■ Exercise description: Every line below between the one holding "Ok(TypeDefKind::Handle(Handle::Borrow(id)))" and the one holding "fn case(&self, draft: &mut", inclusive, should be copied exactly, and no other line.

##### Data to use

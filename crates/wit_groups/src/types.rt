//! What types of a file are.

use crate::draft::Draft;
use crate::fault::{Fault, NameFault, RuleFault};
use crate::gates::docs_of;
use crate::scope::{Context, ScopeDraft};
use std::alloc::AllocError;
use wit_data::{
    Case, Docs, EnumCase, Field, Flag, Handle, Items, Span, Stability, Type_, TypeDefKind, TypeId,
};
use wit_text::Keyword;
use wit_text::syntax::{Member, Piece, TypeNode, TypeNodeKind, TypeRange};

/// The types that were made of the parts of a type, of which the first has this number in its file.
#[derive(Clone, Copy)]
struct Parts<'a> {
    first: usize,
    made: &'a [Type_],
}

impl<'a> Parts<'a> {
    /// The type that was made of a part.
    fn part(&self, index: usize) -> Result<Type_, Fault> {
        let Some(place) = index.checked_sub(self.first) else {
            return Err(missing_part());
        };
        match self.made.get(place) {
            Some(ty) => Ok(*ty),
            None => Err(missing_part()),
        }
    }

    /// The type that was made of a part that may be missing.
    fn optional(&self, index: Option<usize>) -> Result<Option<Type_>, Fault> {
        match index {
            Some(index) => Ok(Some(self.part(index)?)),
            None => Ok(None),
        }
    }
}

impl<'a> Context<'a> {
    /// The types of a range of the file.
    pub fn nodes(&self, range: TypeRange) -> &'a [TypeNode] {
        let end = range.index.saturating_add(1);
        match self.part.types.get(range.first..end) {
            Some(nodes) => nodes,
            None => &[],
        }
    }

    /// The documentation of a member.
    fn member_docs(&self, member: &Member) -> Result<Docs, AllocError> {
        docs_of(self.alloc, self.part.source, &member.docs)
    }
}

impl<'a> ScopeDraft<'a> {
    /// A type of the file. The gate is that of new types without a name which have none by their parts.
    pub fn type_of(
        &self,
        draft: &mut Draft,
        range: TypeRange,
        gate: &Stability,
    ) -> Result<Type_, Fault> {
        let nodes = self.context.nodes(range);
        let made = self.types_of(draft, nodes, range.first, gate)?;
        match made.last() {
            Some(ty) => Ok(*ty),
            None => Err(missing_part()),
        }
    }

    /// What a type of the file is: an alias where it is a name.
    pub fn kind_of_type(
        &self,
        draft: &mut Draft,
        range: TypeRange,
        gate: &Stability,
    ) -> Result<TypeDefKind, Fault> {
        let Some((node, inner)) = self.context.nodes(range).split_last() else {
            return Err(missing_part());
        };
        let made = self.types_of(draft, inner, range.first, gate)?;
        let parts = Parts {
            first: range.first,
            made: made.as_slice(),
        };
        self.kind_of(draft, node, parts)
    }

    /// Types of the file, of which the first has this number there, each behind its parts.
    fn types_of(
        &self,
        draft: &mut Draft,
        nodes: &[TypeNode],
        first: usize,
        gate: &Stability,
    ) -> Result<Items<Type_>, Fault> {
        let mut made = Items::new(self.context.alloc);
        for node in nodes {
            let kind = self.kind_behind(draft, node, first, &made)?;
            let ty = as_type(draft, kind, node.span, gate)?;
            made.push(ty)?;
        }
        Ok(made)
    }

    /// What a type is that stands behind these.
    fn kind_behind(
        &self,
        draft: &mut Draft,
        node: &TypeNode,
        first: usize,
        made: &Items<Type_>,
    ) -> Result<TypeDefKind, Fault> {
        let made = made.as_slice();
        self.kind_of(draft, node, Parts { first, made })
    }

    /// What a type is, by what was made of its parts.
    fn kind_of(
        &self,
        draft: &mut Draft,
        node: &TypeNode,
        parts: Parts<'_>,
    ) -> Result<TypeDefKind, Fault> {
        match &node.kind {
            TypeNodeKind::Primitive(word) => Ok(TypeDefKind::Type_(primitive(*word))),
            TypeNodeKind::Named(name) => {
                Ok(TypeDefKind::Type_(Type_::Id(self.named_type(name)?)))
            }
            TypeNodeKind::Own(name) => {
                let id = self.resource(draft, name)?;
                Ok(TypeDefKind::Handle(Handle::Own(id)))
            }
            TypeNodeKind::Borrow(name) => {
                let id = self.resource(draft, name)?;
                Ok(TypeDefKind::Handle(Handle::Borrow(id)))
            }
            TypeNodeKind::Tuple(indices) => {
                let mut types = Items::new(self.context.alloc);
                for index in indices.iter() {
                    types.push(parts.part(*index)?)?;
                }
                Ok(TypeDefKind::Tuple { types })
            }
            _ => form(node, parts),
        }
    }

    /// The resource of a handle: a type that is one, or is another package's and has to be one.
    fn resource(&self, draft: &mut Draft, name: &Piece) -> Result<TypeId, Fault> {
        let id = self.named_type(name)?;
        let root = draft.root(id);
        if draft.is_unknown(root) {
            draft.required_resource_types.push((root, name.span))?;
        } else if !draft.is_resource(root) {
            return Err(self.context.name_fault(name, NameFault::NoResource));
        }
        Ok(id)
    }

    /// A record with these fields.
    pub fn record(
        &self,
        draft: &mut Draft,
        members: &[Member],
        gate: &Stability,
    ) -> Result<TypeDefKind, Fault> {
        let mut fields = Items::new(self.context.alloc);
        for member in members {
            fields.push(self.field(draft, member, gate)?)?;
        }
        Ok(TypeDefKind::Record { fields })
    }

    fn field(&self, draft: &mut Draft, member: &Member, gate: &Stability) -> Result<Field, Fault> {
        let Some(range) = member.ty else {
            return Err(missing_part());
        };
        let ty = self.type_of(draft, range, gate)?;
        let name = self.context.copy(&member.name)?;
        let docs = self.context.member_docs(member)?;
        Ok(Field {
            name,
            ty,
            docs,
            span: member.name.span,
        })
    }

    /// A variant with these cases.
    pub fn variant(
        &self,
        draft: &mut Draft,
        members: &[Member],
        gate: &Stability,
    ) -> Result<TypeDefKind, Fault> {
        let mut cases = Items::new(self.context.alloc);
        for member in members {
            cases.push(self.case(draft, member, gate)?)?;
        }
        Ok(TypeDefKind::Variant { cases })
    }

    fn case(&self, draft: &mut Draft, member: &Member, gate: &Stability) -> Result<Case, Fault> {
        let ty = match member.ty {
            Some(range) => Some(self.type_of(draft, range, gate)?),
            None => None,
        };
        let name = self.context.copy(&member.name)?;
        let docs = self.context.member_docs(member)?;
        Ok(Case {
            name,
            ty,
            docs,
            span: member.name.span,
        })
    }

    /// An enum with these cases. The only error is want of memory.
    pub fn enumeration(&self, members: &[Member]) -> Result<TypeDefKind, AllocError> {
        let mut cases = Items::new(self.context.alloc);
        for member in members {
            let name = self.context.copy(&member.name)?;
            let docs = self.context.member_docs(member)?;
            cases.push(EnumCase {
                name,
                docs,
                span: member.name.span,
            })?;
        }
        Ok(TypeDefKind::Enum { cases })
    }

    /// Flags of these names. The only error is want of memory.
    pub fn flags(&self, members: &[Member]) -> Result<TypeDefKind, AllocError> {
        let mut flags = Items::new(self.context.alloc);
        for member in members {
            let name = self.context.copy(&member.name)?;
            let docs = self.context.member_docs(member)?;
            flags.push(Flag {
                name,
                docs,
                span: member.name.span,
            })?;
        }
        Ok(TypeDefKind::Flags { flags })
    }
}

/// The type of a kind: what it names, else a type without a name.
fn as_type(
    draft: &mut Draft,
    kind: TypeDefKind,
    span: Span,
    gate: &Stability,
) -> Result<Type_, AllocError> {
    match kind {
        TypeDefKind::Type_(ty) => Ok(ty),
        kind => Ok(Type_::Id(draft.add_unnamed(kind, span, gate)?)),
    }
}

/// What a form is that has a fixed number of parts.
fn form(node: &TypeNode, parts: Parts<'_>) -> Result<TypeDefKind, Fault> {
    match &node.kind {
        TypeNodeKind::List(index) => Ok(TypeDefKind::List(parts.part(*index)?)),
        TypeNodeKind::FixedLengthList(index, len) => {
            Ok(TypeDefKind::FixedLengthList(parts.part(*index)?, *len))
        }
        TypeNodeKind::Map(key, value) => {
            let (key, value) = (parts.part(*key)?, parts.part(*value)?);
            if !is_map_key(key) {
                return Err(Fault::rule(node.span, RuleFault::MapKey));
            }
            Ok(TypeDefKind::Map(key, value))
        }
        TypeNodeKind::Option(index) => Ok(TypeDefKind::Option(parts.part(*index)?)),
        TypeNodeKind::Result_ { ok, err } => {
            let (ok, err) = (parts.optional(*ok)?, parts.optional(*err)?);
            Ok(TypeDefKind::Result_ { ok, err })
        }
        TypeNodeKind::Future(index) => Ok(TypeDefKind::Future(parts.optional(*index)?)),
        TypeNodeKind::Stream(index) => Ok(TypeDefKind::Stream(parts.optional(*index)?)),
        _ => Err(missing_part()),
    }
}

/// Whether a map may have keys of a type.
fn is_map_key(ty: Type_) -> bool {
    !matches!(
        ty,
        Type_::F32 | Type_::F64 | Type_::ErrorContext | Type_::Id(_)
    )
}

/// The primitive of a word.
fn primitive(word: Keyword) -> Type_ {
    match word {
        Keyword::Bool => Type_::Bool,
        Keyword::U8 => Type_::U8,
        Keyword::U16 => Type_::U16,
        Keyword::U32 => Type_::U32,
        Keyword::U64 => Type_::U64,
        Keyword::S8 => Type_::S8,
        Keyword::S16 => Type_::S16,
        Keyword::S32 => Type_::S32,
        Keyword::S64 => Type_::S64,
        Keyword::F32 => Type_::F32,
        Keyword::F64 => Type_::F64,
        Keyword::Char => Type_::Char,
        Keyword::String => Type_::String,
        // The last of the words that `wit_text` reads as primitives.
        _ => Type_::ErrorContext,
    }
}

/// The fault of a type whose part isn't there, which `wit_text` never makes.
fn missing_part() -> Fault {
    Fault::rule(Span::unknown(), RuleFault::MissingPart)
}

##########
##### Data to use

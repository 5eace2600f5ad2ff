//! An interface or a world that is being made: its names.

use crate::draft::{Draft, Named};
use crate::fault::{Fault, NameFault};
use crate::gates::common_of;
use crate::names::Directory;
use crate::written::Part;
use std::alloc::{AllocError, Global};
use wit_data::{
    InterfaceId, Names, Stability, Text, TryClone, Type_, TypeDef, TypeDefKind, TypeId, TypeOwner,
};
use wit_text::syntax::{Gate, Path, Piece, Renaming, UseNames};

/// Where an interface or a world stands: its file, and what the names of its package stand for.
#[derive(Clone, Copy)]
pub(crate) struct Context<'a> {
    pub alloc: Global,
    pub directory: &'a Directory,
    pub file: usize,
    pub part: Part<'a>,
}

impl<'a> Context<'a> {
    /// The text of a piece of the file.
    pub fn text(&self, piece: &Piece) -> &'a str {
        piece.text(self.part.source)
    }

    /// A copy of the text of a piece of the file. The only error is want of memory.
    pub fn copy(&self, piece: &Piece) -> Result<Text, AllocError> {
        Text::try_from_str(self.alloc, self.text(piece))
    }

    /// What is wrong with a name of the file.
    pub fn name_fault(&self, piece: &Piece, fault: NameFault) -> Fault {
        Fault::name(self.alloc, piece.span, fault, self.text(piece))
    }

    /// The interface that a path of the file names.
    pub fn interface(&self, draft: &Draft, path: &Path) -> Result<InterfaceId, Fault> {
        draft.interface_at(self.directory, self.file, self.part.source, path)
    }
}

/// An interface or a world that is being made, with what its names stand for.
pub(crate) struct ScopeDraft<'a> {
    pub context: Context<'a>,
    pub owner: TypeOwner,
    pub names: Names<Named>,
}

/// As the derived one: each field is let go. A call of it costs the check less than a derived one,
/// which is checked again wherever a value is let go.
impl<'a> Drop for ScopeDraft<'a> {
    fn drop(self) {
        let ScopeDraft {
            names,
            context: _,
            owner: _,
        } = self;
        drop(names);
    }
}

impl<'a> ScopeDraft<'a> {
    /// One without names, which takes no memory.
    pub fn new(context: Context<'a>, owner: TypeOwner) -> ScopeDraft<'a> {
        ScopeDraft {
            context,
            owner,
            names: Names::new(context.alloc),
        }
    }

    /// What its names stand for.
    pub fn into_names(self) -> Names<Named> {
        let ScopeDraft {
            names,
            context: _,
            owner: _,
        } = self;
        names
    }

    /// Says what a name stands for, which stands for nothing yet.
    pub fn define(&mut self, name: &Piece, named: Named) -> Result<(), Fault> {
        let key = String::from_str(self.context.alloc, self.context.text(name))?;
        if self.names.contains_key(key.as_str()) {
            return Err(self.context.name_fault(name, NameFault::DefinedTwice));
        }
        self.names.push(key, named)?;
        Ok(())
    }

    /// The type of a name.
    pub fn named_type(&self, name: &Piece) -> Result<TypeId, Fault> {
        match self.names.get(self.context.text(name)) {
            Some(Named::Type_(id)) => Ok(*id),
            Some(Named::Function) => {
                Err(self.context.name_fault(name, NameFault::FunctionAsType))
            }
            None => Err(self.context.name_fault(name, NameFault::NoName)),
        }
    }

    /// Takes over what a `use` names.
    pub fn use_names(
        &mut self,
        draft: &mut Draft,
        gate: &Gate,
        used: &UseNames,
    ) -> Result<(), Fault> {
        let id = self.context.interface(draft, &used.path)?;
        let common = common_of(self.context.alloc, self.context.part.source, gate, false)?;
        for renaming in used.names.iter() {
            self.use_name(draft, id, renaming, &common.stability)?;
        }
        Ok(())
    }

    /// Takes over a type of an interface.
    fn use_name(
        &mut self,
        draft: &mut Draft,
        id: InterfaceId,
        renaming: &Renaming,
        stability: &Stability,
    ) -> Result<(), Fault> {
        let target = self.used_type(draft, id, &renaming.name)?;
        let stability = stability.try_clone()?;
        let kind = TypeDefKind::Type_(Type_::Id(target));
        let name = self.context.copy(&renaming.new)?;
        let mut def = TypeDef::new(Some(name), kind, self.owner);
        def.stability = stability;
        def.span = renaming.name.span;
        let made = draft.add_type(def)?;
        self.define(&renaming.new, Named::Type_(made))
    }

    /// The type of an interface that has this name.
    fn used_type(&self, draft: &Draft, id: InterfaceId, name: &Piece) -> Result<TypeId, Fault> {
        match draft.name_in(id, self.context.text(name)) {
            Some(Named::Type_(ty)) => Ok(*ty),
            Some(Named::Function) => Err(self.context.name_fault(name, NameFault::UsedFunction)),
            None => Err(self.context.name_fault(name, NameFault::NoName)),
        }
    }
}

##########

■ Task response:
                Ok(TypeDefKind::Handle(Handle::Borrow(id)))
            }
            TypeNodeKind::Tuple(indices) => {
                let mut types = Items::new(self.context.alloc);
                for index in indices.iter() {
                    types.push(parts.part(*index)?)?;
                }
                Ok(TypeDefKind::Tuple { types })
            }
            _ => form(node, parts),
        }
    }

    /// The resource of a handle: a type that is one, or is another package's and has to be one.
    fn resource(&self, draft: &mut Draft, name: &Piece) -> Result<TypeId, Fault> {
        let id = self.named_type(name)?;
        let root = draft.root(id);
        if draft.is_unknown(root) {
            draft.required_resource_types.push((root, name.span))?;
        } else if !draft.is_resource(root) {
            return Err(self.context.name_fault(name, NameFault::NoResource));
        }
        Ok(id)
    }

    /// A record with these fields.
    pub fn record(
        &self,
        draft: &mut Draft,
        members: &[Member],
        gate: &Stability,
    ) -> Result<TypeDefKind, Fault> {
        let mut fields = Items::new(self.context.alloc);
        for member in members {
            fields.push(self.field(draft, member, gate)?)?;
        }
        Ok(TypeDefKind::Record { fields })
    }

    fn field(&self, draft: &mut Draft, member: &Member, gate: &Stability) -> Result<Field, Fault> {
        let Some(range) = member.ty else {
            return Err(missing_part());
        };
        let ty = self.type_of(draft, range, gate)?;
        let name = self.context.copy(&member.name)?;
        let docs = self.context.member_docs(member)?;
        Ok(Field {
            name,
            ty,
            docs,
            span: member.name.span,
        })
    }

    /// A variant with these cases.
    pub fn variant(
        &self,
        draft: &mut Draft,
        members: &[Member],
        gate: &Stability,
    ) -> Result<TypeDefKind, Fault> {
        let mut cases = Items::new(self.context.alloc);
        for member in members {
            cases.push(self.case(draft, member, gate)?)?;
        }
        Ok(TypeDefKind::Variant { cases })
    }

    fn case(&self, draft: &mut Draft, member: &Member, gate: &Stability) -> Result<Case, Fault> {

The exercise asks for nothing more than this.